Reşat Ekrem Bey’in bu konuda kaleme aldığı kitaplarından biri ise Eski İstanbul’da Meyhaneler ve Meyhane Köçekleri isimli çalışmasıdır. İlk defa 1947’de “İstanbul Ansiklopedisi Bürosu Notları” başlıklı seriden çıkan bu özel kitapta Reşat Ekrem Bey şöyle diyor:
“Eski İstanbul meyhaneleri ile namlı meyhaneciler hakkında ilk mühim kayıtlara Evliya Çelebi’nin Seyahatname’sinde rastlanır. Büyük seyyah ve muharrir Galata’dan bahsederken ‘Lebideryada Ortahisar’da ikiyüz adet kat kat harabat haneler, meyhaneler vardır ki her birinde beşer onbeşer yüz fâsık iyş ve işret edip hanende ve sazendegan ile hay huy iderler ki dillerle tarifi mümkün değildir’ diyor ve bu harabathanelerden Taş Merdiven meyhanesi ile Kefeli’nin, Manyalı’nın, Mihalaki’nin, Kaşkaval’ın, Sünbüllü’nün, Konstantin’in ve Saranda’nın meyhaneleri diye sekiz tanesinin adını veriyor; buralarda türlü türlü misket şarapları, Akona, Sakız, Mudanya, Edremit, Bozcaada şarapları bulunur, sokaklarda ayak başı açık yüzlerce sarhoşa rastlanır, perişan halleri sorulunca:
‘Öyle sermestim ki idrâk etmezem dünya nedir
Ben kimim, sâki olan kimdir, mey-i sahba nedir?’ cevabını verirler”.

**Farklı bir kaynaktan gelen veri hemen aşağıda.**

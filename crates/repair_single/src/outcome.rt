//! What is found of the right events of a record.

/// What is found of a record in which the rules allow every event.
#[derive(Clone, Copy)]
pub(crate) enum Outcome {
    /// Some deal yields every rack.
    Game,
    /// No deal does.
    NoGame,
    /// Neither a deal nor a proof that there is none was found.
    Unsettled,
}
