//! How many steps a search takes: about as many as the events that it goes over.
ghost use Rattle.std.specs.Prelude.{◌≡◌, None, IsFalse};

/// Adds steps to those that were taken.
pub(crate) fn spend(spent: &mut u64, steps: usize) {
    *spent = spent.saturating_add(steps as u64);
}

/// Whether so many steps were taken that the search ends. Without a limit it does not.
pub(crate) fn is_over(limit: Option<u64>, spent: u64) -> bool
    ensures { limit ≡ None → IsFalse result }
{
    match limit {
        Some(limit) => spent >= limit,
        None => false,
    }
}
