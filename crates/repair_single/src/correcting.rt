//! The correction of a record with a change.
ghost use Rattle.std.specs.Prelude.{IsTrue, IsFalse, IfOk};
ghost use Rattle.game_corrections.specs.Corrections.{IsCorrection};
ghost use Rattle.repair_changes.specs.Applied.{applied};
ghost use Rattle.repair_single.specs.Trying.{HaveNone, IsCorrectionOf};

use crate::mending::mend;
use game_corrections::law_of_points;
use game_turns::{Machine, law_of_tallies};
use gcg_read::{Event, Events};
use lex_list::WordList;
use ref_tiles::Rules;
use repair_changes::{Change, apply};
use std::alloc::{AllocError, Global};

/// Gives each event of a record its right numbers. It is false if an event is refused whatever its numbers are.
fn correct(rules: &Rules, list: &WordList, events: &mut Events) -> bool
    ensures right { IsTrue result → IsCorrection rules.now list.now events.old events.new }
    ensures none { IsFalse result → HaveNone rules.now list.now events.old }
{
    law_of_tallies();
    let mut machine = Machine::new(rules);
    for place in 0..events.len() {
        if mend(&mut machine, events, place, list).is_err() {
            return false;
        }
    }
    true
}

/// The events of a record with a change and with their right numbers, if there are such numbers that a record can write.
///
/// It fails only if memory runs out.
pub(crate) fn corrected(
    alloc: Global,
    rules: &Rules,
    list: &WordList,
    change: &Change,
    events: &[Event],
) -> Result<Option<Events>, AllocError>
    ensures { IfOk result (IsCorrectionOf rules.now list.now (applied change.now events.now)) }
{
    let mut right = apply(alloc, change, events)?;
    if !correct(rules, list, &mut right) {
        return Ok(None);
    }
    law_of_points(right.as_slice());
    Ok(Some(right))
}
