//! The turn that a total leaves out.
ghost use Rattle.std.specs.Prelude.{◌≡◌, reverse, Some, None, if◌then◌else◌};
ghost use Rattle.std.specs.Ordering.{int_eq};
ghost use Rattle.gcg_read.specs.Players.{same_seat};
ghost use Rattle.explain_clues.specs.Totals.{latest_with};

use gcg_read::{Event, Seat, same_seat};

/// The line found after one more event.
fn later(event: &Event, player: Seat, score: i32, found: Option<u32>) -> Option<u32>
    ensures { result ≡ if same_seat event.now.player player then (if int_eq event.now.score score then Some event.now.line else None) else found }
{
    if !same_seat(event.player, player) {
        return found;
    }
    if event.score.value() == score {
        return Some(event.line);
    }
    None
}

/// The line of a player's latest event, if that has this score. If the player's next total is too low by that score, it is right except for
/// that one event, and no total after that event has the score.
pub fn latest_with(events: &[Event], player: Seat, score: i32) -> Option<u32>
    ensures { result ≡ latest_with player score (reverse events.now) }
{
    let mut found = None;
    for event in events {
        found = later(event, player, score, found);
    }
    found
}
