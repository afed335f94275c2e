//! A law of the definitions that the contract of scored words cites. The function does nothing: its contract is the law.
ghost use Rattle.explain_clues.specs.Laws.{SumsAddUp};

/// A word scores what its squares add, times the product of its word premiums; and a play scores what its words score, plus the bonus.
#[tactic(auto, using(crate::proofs::Sums::sums_add_up))]
pub fn law_of_sums()
    ensures { SumsAddUp }
{}
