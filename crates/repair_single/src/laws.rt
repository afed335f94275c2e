//! Laws about repairs. Each function does nothing: its contract is the law.
ghost use Rattle.repair_single.specs.Laws.{NoneAfterStop, NoneAfterRacks, CommonestAreTried, CommonestAreAnswered, WholeIsRecord};

use deal_cuts::law_of_fronts;

/// After the event at which the correction of a record stops no change helps.
#[tactic(auto, using(crate::proofs::Stops::none_after_stop))]
pub fn law_of_stops()
    ensures { NoneAfterStop }
{}

/// If no racks fit the steps of a correction up to an event, no change after the next event helps.
#[tactic(auto, using(crate::proofs::RackStops::none_after_racks))]
pub fn law_of_rack_stops()
    ensures { NoneAfterRacks }
{
    law_of_fronts();
}

/// Each record that differs from the sheet in one letter of one play, in one square's shift of one play, in one line that is left out or in
/// two neighbouring lines that are exchanged is tried. If it is a game once its numbers are corrected, and the sheet is not, it is among the
/// first repairs, unless its deal is left open or enough others cost less.
pub fn law_of_commonest()
    ensures tried { CommonestAreTried }
    ensures answered { CommonestAreAnswered }
{}

/// A record is the draft in which nothing is missing: the same numbers stay wrong with a change, unless the change is that a line is missing.
#[tactic(auto, using(crate::proofs::Whole::whole_is_record))]
pub fn law_of_whole_repairs()
    ensures { WholeIsRecord }
{}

Külhanilik ve külhaniler, Koçu’nun bu kitabı gibi İstanbul Ansiklopedisi’nde, Erkek Kızlar, Patrona Halil, Haşmetli Yosmalar, Forsa Halil, Kabakçı Mustafa gibi popüler tarih kitaplarında da sıkça karşımıza çıkar.
Yarım asır öncenin
bir İstanbul tipi
Dr. Kâmil Yazgıç gazetedeki
köşesinde “külhanbeyi”nin
bir karikatürünü çizmiş;
onu 25 yaşlarında, kaytan
bıyıklı, keman kaşlı, filiz
gibi bir delikanlı olarak
resmetmişti. Başında dar
Beyoğlu dedikleri sıfır
numara kalıba çekilmiş
siyah fesin püskülü daima
önde..
Reşat Ekrem Bey’in Tercüman’da yazdığı tefrikaların ilki “Lehcei Külhaniye- Külhan Beyler Argosu” başlığını taşır. Bu yazıda Koçu, kendisinde bulunan “Lehcei Külhaniye” isimli yazma risaleden çevirdiği 100’e yakın kelimenin kaldığını, müstehcen olanların karşılıklarını boş bıraktığını, diğerlerini kaydettiğini yazar. 93 kelimelik bu küçük sözlükte “Bohça, Habaza, Hançer, Karanfil, Kasık Mancası, Lamelif, Mefret, Papaz, Şahmerdan, Şakaayık, Tirid, Zıbık” kelimelerinin karşılıkları müstehcen olduğu için boş bırakılmıştır.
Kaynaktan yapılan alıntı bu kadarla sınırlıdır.